About this exercise → Among the lines listed below, count those that include the string "alloc", and state only the count.

*** Exercise materials ***

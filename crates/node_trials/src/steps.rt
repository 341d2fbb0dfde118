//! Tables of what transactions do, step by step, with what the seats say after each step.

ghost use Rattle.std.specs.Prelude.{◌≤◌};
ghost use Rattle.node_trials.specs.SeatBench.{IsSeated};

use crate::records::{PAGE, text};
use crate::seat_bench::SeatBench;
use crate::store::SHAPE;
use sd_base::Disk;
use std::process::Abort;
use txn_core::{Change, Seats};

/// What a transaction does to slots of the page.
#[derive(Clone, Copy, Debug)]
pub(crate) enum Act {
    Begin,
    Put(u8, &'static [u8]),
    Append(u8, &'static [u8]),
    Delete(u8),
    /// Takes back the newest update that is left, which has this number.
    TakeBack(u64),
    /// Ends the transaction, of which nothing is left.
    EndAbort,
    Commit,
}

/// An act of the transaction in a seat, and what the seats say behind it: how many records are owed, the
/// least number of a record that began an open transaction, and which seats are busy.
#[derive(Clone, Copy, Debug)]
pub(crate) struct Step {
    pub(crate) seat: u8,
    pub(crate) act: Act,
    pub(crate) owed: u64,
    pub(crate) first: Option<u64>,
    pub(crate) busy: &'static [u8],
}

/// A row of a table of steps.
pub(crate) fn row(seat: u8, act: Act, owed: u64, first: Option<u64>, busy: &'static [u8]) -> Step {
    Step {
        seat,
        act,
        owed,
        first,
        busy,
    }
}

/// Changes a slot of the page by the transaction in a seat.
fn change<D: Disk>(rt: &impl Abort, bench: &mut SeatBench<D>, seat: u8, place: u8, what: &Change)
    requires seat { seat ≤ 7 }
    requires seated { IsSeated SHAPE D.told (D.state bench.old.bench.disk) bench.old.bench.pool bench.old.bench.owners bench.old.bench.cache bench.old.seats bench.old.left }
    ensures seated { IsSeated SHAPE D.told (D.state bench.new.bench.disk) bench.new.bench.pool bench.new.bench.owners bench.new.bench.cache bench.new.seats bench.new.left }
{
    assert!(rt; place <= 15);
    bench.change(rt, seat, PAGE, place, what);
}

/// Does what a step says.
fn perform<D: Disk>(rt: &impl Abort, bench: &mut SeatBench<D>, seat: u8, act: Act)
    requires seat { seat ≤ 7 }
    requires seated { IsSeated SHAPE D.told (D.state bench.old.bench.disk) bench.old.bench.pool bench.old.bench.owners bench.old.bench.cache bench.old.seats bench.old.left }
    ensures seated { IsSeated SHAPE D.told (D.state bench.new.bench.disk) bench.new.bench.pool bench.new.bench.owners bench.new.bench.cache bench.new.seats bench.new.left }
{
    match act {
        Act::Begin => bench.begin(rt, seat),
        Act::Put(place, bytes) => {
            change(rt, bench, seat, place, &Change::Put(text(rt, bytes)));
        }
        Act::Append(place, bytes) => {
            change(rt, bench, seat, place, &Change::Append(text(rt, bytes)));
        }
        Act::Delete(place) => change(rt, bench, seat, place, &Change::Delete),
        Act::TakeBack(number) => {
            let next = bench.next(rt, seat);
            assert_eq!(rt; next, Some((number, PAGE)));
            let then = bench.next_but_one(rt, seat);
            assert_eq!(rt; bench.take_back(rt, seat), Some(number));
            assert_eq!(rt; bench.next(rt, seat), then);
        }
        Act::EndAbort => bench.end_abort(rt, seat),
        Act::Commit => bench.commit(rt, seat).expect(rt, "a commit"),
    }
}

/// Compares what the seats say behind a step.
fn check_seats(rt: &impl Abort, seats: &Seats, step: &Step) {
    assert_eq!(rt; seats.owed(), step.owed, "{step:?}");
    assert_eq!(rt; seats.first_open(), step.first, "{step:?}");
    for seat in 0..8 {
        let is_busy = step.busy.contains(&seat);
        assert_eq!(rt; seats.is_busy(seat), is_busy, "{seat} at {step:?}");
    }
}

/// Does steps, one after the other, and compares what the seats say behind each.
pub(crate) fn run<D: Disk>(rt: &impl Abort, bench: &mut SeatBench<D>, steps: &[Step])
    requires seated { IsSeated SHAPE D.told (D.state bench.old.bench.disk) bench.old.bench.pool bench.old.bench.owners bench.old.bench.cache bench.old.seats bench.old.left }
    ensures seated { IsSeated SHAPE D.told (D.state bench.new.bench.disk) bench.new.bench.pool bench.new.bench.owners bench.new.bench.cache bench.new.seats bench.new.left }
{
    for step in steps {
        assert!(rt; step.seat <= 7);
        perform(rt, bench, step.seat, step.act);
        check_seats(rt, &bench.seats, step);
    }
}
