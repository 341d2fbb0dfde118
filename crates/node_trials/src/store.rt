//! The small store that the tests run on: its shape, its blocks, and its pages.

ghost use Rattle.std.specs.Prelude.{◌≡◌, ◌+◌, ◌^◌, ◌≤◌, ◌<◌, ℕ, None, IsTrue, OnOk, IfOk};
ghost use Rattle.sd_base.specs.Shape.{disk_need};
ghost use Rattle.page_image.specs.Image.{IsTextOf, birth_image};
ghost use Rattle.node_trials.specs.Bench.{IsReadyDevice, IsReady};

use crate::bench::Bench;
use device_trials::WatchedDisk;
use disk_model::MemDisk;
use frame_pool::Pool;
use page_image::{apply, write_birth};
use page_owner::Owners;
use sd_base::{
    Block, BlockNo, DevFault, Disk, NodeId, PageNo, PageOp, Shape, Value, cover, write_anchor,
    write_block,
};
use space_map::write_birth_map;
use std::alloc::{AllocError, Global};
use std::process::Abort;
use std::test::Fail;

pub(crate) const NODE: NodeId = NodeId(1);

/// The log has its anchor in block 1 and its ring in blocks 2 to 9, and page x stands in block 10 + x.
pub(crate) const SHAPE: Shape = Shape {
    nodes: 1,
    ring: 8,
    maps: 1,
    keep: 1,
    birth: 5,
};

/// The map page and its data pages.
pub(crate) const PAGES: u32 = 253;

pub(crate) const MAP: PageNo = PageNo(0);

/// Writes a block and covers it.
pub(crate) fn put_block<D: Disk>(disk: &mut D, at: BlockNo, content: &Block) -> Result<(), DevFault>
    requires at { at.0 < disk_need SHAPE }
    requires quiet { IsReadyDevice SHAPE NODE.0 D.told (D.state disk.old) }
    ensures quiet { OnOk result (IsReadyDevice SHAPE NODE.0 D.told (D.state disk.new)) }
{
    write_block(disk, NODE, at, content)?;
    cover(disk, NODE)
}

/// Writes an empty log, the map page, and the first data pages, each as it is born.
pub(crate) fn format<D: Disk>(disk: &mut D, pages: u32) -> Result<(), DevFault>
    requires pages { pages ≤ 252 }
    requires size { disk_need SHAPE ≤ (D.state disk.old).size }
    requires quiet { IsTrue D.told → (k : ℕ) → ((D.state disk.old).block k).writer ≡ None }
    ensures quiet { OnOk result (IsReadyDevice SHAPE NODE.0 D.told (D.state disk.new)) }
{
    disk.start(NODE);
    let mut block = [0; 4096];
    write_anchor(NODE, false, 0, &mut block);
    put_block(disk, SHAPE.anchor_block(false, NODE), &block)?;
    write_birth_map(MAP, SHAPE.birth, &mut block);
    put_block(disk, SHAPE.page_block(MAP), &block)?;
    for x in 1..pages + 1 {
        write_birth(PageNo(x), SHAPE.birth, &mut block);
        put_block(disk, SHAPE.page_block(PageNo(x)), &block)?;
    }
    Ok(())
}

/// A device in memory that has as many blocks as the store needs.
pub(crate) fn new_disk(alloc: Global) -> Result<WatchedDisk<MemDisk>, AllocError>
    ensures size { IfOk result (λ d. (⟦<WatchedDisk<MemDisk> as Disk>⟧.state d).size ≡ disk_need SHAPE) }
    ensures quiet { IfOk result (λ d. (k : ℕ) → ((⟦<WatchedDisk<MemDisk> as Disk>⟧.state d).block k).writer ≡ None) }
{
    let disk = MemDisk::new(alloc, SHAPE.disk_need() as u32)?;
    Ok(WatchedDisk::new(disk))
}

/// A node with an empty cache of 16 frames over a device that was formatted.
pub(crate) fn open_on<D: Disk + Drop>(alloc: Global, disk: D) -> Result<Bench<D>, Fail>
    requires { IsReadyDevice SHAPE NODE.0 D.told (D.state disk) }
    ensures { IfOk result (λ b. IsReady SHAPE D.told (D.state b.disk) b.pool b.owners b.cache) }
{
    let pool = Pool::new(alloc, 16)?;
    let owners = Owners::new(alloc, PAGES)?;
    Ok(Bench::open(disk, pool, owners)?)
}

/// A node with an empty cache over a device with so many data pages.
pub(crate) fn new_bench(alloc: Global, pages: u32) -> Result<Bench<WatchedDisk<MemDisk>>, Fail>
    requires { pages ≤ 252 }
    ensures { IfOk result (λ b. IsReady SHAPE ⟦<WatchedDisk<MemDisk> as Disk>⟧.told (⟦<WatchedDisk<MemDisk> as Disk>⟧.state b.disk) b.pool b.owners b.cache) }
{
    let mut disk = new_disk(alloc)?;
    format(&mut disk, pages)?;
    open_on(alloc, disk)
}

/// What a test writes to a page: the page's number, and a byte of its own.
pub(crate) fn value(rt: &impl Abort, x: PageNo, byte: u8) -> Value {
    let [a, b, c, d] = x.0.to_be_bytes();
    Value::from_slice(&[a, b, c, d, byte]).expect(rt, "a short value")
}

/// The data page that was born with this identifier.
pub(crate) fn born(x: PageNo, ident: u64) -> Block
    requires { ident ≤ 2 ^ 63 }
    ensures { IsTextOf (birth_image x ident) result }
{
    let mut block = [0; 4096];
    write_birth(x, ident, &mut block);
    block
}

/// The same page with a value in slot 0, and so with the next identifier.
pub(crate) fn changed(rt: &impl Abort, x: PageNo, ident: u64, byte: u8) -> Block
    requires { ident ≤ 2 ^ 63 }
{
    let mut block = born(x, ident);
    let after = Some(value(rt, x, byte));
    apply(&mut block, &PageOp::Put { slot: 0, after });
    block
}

***
*** Exercise materials ***

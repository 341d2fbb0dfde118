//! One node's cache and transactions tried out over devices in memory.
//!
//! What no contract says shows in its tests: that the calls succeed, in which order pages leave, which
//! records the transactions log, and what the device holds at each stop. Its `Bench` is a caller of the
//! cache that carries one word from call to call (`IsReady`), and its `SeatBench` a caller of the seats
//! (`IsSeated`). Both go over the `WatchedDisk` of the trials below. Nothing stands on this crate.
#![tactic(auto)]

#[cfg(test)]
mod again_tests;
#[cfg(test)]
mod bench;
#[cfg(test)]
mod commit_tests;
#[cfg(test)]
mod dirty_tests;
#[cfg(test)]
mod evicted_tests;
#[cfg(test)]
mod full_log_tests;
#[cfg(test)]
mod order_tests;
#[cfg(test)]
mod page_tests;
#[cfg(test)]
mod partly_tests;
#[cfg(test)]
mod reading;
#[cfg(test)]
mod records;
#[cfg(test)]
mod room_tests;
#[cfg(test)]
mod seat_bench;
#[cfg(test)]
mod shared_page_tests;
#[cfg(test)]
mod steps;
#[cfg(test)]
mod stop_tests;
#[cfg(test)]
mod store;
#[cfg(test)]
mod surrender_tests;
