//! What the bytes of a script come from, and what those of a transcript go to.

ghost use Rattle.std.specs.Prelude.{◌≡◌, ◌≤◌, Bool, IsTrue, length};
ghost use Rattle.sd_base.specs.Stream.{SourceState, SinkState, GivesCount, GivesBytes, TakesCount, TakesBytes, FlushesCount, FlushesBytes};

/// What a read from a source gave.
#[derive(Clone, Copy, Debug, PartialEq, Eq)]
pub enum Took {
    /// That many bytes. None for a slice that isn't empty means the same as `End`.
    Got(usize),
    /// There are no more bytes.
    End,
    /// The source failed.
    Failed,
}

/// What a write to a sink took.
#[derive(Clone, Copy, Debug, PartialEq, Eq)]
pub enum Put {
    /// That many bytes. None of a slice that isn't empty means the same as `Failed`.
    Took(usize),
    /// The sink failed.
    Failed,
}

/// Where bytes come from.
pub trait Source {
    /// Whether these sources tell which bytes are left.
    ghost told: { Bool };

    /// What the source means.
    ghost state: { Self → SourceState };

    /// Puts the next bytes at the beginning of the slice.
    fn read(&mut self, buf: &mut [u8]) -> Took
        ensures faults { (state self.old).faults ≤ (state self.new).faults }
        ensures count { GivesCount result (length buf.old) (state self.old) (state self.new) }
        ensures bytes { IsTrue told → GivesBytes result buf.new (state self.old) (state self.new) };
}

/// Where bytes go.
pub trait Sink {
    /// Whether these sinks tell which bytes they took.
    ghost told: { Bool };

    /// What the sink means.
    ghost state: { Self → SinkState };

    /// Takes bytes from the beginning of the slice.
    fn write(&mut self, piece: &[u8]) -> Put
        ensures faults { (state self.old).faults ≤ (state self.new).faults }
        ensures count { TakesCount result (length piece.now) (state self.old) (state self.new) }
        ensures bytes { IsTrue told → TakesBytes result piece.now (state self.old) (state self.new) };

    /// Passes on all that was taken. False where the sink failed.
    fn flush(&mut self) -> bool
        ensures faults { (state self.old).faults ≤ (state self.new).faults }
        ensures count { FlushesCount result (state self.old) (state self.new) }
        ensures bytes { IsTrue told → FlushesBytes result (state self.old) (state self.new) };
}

***
*** Exercise materials ***

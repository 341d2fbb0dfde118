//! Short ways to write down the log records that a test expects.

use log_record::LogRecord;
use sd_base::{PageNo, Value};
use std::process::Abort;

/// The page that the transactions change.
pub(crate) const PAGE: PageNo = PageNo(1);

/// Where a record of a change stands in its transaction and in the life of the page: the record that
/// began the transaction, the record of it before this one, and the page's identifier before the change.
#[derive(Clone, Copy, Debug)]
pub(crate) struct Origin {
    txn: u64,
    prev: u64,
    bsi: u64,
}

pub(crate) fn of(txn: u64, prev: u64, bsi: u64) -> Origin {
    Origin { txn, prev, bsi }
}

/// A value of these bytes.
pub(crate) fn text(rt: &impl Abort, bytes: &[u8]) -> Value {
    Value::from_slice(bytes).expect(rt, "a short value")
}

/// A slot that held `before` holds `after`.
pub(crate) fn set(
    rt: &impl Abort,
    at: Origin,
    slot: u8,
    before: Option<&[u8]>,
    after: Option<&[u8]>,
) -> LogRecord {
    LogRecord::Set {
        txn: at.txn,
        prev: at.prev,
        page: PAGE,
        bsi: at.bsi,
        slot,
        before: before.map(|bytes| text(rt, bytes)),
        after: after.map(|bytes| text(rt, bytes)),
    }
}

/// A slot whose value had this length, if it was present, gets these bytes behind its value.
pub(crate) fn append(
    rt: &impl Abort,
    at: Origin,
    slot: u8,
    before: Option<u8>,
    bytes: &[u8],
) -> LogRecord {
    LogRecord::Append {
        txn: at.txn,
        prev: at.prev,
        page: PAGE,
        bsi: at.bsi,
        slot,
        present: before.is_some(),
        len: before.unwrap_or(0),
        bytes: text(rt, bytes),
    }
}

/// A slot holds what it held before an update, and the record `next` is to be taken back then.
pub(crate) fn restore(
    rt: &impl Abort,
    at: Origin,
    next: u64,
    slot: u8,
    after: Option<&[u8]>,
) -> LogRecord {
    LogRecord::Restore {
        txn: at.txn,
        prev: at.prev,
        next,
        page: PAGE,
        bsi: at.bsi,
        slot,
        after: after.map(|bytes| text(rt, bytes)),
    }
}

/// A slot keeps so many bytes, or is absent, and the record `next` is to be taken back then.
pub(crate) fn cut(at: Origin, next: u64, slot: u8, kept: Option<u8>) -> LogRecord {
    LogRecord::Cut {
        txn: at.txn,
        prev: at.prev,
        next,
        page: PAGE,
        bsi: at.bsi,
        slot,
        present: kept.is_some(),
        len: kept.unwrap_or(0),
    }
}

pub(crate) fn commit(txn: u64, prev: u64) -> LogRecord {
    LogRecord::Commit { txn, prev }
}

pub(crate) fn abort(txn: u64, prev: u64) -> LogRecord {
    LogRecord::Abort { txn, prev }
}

***

Exercise response → 9